Gerade ein solcher einseitiger Lösungsvorschlag würde vom Verbraucher jedoch kaum akzeptiert werden, wodurch es immer noch zu einem Gerichtsverfahren mit weiterem Aufwand und Kosten kommen kann. Da würde es mehr Sinn machen, in den sauren Apfel zu beißen und auf die Ansprüche zu verzichten, oder beispielsweise die Ware im Gewährleistungsfall erneut neu zu verschicken.
Gleichzeitig gibt es von Seiten des Gesetzgebers zwar zukünftig bisher keine Pflicht, aber einen gewissen Druck auf die Unternehmen, eine Schlichtung einer Streitigkeit durch eine Schlichtungsstelle zu akzeptieren. Denn ab voraussichtlich Anfang 2017 soll ein Onlinehändler den Verbraucher bei einem nicht beizulegenden Streit eine für ihn zuständige Schlichtungsstelle nennen und ihm mitteilen, ob er an einem Schlichtungsverfahren durch diese teilnimmt. Wenn der Onlinehändler hier dem Verbraucher mitteilt, dass es die Universalschlichtungsstelle seines Bundeslandes gibt, der Händler sich aber einem Schlichtungsverfahren durch diese verweigert wirkt dies sicherlich etwas befremdlich.
Möglicherweise kann es sich für einen Onlinehändler lohnen, sich bei einem ausländischen Kunden lieber auf eine Schlichtungsstelle als auf ein ausländisches Gericht einzulassen, allerdings ist die Gefahr, vor Gericht zu landen durch die Schlichtung im Normalfall nicht gebannt.
Was ist für den Onlinehändler konkret zu tun?
Jeder Onlinehändler, unabhängig davon, ob er bereits bereit ist oder (aktuell gesetzlich nicht der Fall) verpflichtet ist an einem Schlichtungsverfahren teilzunehmen, oder ob er sich dem verweigert, muss:
–> Ab dem 09.01.2016 einen Link auf die Onlineplattform der EU zur Verbraucherschlichtung setzen, sicherheitshalber in Impressum und AGB.
–> Ab voraussichtlich Anfang 2017 bei einer Streitigkeit mit einem Verbraucher, welche sich nicht im beiderseitigen Einvernehmen lösen lässt, den Verbraucher auf eine Schlichtungsstelle hinweisen und mitteilen, ob der Onlinehändler dazu bereit ist, an einer solchen Schlichtung teilzunehmen.

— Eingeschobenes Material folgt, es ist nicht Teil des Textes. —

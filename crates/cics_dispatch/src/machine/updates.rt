//! The updating commands that tasks' commands ask for. READ UPDATE, WRITE and READQ TD ask for one;
//! ENQ, SYNCPOINT and a plain READ don't.

ghost use Rattle.std.specs.Prelude.{◌≡◌, [], IsTrue, IfOk, OnOk, OnErr, Some, None, if◌then◌else◌};
ghost use Rattle.cics_dispatch.specs.Machine.Answers.{is_growing};
ghost use Rattle.cics_dispatch.specs.Machine.Emptied.{content_of, put_back, refilled, whole};
ghost use Rattle.cics_history.specs.Records.{key_of};
ghost use Rattle.std.specs.Option.{option_copied};
ghost use Rattle.cics_dispatch.specs.Machine.Lengths.{used_of};
ghost use Rattle.cics_dispatch.specs.Machine.Steps.{asked_op, queue_op, ts_write_op};

use cics_names::{Command, Name8, NoMemory, Record, Verb};
use cics_units::Op;
use std::alloc::Global;
use std::mem::replace;

/// Takes the bytes out of a record, which then has none.
pub fn take(alloc: Global, own: &mut Record) -> Record
    ensures taken { result ≡ own.old }
    ensures left { own.new ≡ [] }
{
    replace(own, Record::new(Vec::new(alloc)))
}

// Takes out the bytes of FROM that LENGTH uses. If it uses fewer than there are, it copies them. If
// LENGTH is above their count, which the checks refuse, it takes them all.
fn take_used(alloc: Global, from: &mut Record, length: Option<u64>) -> Result<Record, NoMemory>
    ensures content { IfOk result (λ content. content ≡ used_of from.old length) }
    ensures back { IfOk result (λ content. put_back from.new content ≡ from.old) }
{
    match length {
        Some(length) if length < from.len() as u64 => from.part(0, length as usize),
        _ => Ok(take(alloc, from)),
    }
}

// Returns a DELETE of the record of a key, or if generic of each record whose key begins with it.
fn delete_op(file: Name8, key: Record, generic: bool) -> Op
    ensures { result ≡ (if generic then Op.DeleteGeneric file key else Op.Delete file key) }
{
    if generic {
        Op::DeleteGeneric { file, prefix: key }
    } else {
        Op::Delete { file, key }
    }
}

// Returns a WRITEQ TS of an item, or with REWRITE in place of the item of a number.
fn ts_write_op(queue: Name8, from: Record, item: Option<u64>) -> Op
    ensures { result ≡ ts_write_op queue from item }
{
    match item {
        None => Op::TsWrite { queue, from },
        Some(item) => Op::TsRewrite { queue, item, from },
    }
}

// Takes out the updating command on a queue that a verb asks for.
fn take_queue_op(alloc: Global, verb: &mut Verb) -> Result<Option<Op>, NoMemory>
    ensures op { IfOk result (λ op. op ≡ queue_op verb.old) }
    ensures back { IfOk result (λ op. refilled verb.new op ≡ verb.old) }
    ensures growing { OnErr result (IsTrue (is_growing verb.old)) }
{
    let op = match verb {
        Verb::WriteqTs {
            queue,
            from,
            length,
            item,
        } => ts_write_op(*queue, take_used(alloc, from, *length)?, *item),
        Verb::DeleteqTs { queue } => Op::TsDelete { queue: *queue },
        Verb::WriteqTd {
            queue,
            from,
            length,
        } => Op::TdWrite {
            queue: *queue,
            from: take_used(alloc, from, *length)?,
        },
        Verb::ReadqTd { queue, .. } => Op::TdRead { queue: *queue },
        Verb::DeleteqTd { queue } => Op::TdDelete { queue: *queue },
        _ => return Ok(None),
    };
    Ok(Some(op))
}

// Takes the updating command out of a verb that has its key in RIDFLD or names a queue. Returns
// `None` for any other: REWRITE, DELETE without RIDFLD, and verbs that update nothing.
fn take_own_op(alloc: Global, verb: &mut Verb) -> Result<Option<Op>, NoMemory>
    ensures op { IfOk result (λ op. op ≡ asked_op None verb.old) }
    ensures back { IfOk result (λ op. refilled verb.new op ≡ verb.old) }
    ensures growing { OnErr result (IsTrue (is_growing verb.old)) }
{
    let op = match verb {
        Verb::Read {
            file,
            ridfld,
            update: true,
            ..
        } => Op::ReadUpdate {
            file: *file,
            key: take(alloc, ridfld),
        },
        Verb::Write {
            file,
            ridfld,
            from,
            length,
            ..
        } => Op::Write {
            file: *file,
            from: take_used(alloc, from, *length)?,
            key: take(alloc, ridfld),
        },
        Verb::Delete {
            file,
            ridfld,
            generic,
            ..
        } => match ridfld {
            Some(key) => delete_op(*file, take(alloc, key), *generic),
            None => return Ok(None),
        },
        _ => return take_queue_op(alloc, verb),
    };
    Ok(Some(op))
}

/// Takes the updating command that a verb asks for out of the verb, with its key and the bytes of
/// FROM that it uses. So they aren't copied, unless LENGTH cuts FROM. Returns `None` for a verb
/// that asks for none. `refill` puts back what was taken.
///
/// `open_key` is the key of the task's open update read of the file that the verb names, `None` if
/// there is none. REWRITE changes the record of that key, and so does DELETE without RIDFLD.
/// `alloc` gives the memory for a copy of that key, and for FROM if LENGTH cuts it.
pub fn take_op(
    alloc: Global,
    verb: &mut Verb,
    open_key: Option<&[u8]>,
) -> Result<Option<Op>, NoMemory>
    ensures op { IfOk result (λ op. op ≡ asked_op (option_copied open_key.entry) verb.old) }
    ensures back { IfOk result (λ op. refilled verb.new op ≡ verb.old) }
    ensures growing { OnErr result (IsTrue (is_growing verb.old)) }
{
    let Some(key) = open_key else {
        return take_own_op(alloc, verb);
    };
    let op = match verb {
        Verb::Rewrite { file, from, length } => Op::Rewrite {
            file: *file,
            key: Record::from_slice(alloc, key)?,
            from: take_used(alloc, from, *length)?,
        },
        Verb::Delete {
            file,
            ridfld: None,
            ..
        } => Op::Delete {
            file: *file,
            key: Record::from_slice(alloc, key)?,
        },
        _ => return take_own_op(alloc, verb),
    };
    Ok(Some(op))
}

// Returns the key that an updating command names, without bytes if it names none.
fn key_of(op: &Op) -> &[u8]
    ensures { result.now ≡ key_of op.now }
{
    match op.record() {
        Some((_, key)) => key.bytes(),
        None => &[],
    }
}

// Returns what an updating command writes, without bytes if it writes nothing.
fn content_of(op: &Op) -> &[u8]
    ensures { result.now ≡ content_of op.now }
{
    match op {
        Op::Write { from, .. }
        | Op::Rewrite { from, .. }
        | Op::TsWrite { from, .. }
        | Op::TsRewrite { from, .. }
        | Op::TdWrite { from, .. } => from.bytes(),
        _ => &[],
    }
}

// Puts bytes back into the record that they were taken out of.
fn put_back(alloc: Global, own: &mut Record, taken: &[u8]) -> Result<(), NoMemory>
    ensures { OnOk result (own.new ≡ put_back own.old taken.now) }
{
    if own.is_empty() {
        *own = Record::from_slice(alloc, taken)?;
    }
    Ok(())
}

// Puts back what an updating command took out of its verb.
fn refill_verb(alloc: Global, verb: &mut Verb, op: &Op) -> Result<(), NoMemory>
    ensures { OnOk result (verb.new ≡ refilled verb.old (Some op.now)) }
{
    match verb {
        Verb::Read { ridfld, .. } => put_back(alloc, ridfld, key_of(op)),
        Verb::Delete {
            ridfld: Some(ridfld),
            ..
        } => put_back(alloc, ridfld, key_of(op)),
        Verb::Write { ridfld, from, .. } => {
            put_back(alloc, ridfld, key_of(op))?;
            put_back(alloc, from, content_of(op))
        }
        Verb::Rewrite { from, .. } => put_back(alloc, from, content_of(op)),
        Verb::WriteqTs { from, .. } => put_back(alloc, from, content_of(op)),
        Verb::WriteqTd { from, .. } => put_back(alloc, from, content_of(op)),
        _ => Ok(()),
    }
}

/// Puts back into a command what `take_op` took out of it for its updating command, if it has one.
/// Returns the command.
#[cold]
pub fn refill(alloc: Global, command: Command, op: &Option<Op>) -> Result<Command, NoMemory>
    ensures { IfOk result (λ filled. filled ≡ whole command op.now) }
{
    let mut filled = command;
    if let Some(op) = op {
        refill_verb(alloc, &mut filled.verb, op)?;
    }
    Ok(filled)
}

Nur Onlinehändler, welche zu einem Schlichtungsverfahren verpflichtet sind, oder sich freiwillig zu einer solchen bereit erklären müssen zusätzlich:
–> Ab dem 09.01.2016 auf deren Webseite und in den AGB darauf hinweisen, dass die Onlineplattform der EU genutzt werden kann, um Streitschlichtungen durchzuführen
–> Ab voraussichtlich Anfang 2017 auf Webseite und in den AGB die zuständigen Schlichtungsstelle(n) mit Anschrift und Webseite hinweisen sowie erklären dass er an einer Streitbeilegung durch diese teilnimmt
Onlinehändler, die weder verpflichtet sind, noch bereit sind an einem Schlichtungsverfahren teilzunehmen müssen:
–> Ab voraussichtlich Anfang 2017 auf Webseite und in den AGB darauf hinweisen, dass diese nicht verpflichtet oder bereit sind, an einem Streitschlichtungsverfahren teilzunehmen
Diese Pflicht entfällt, so das Unternehmen zum 31.Dezember des Vorjahres zehn oder weniger Mitarbeiter hatte.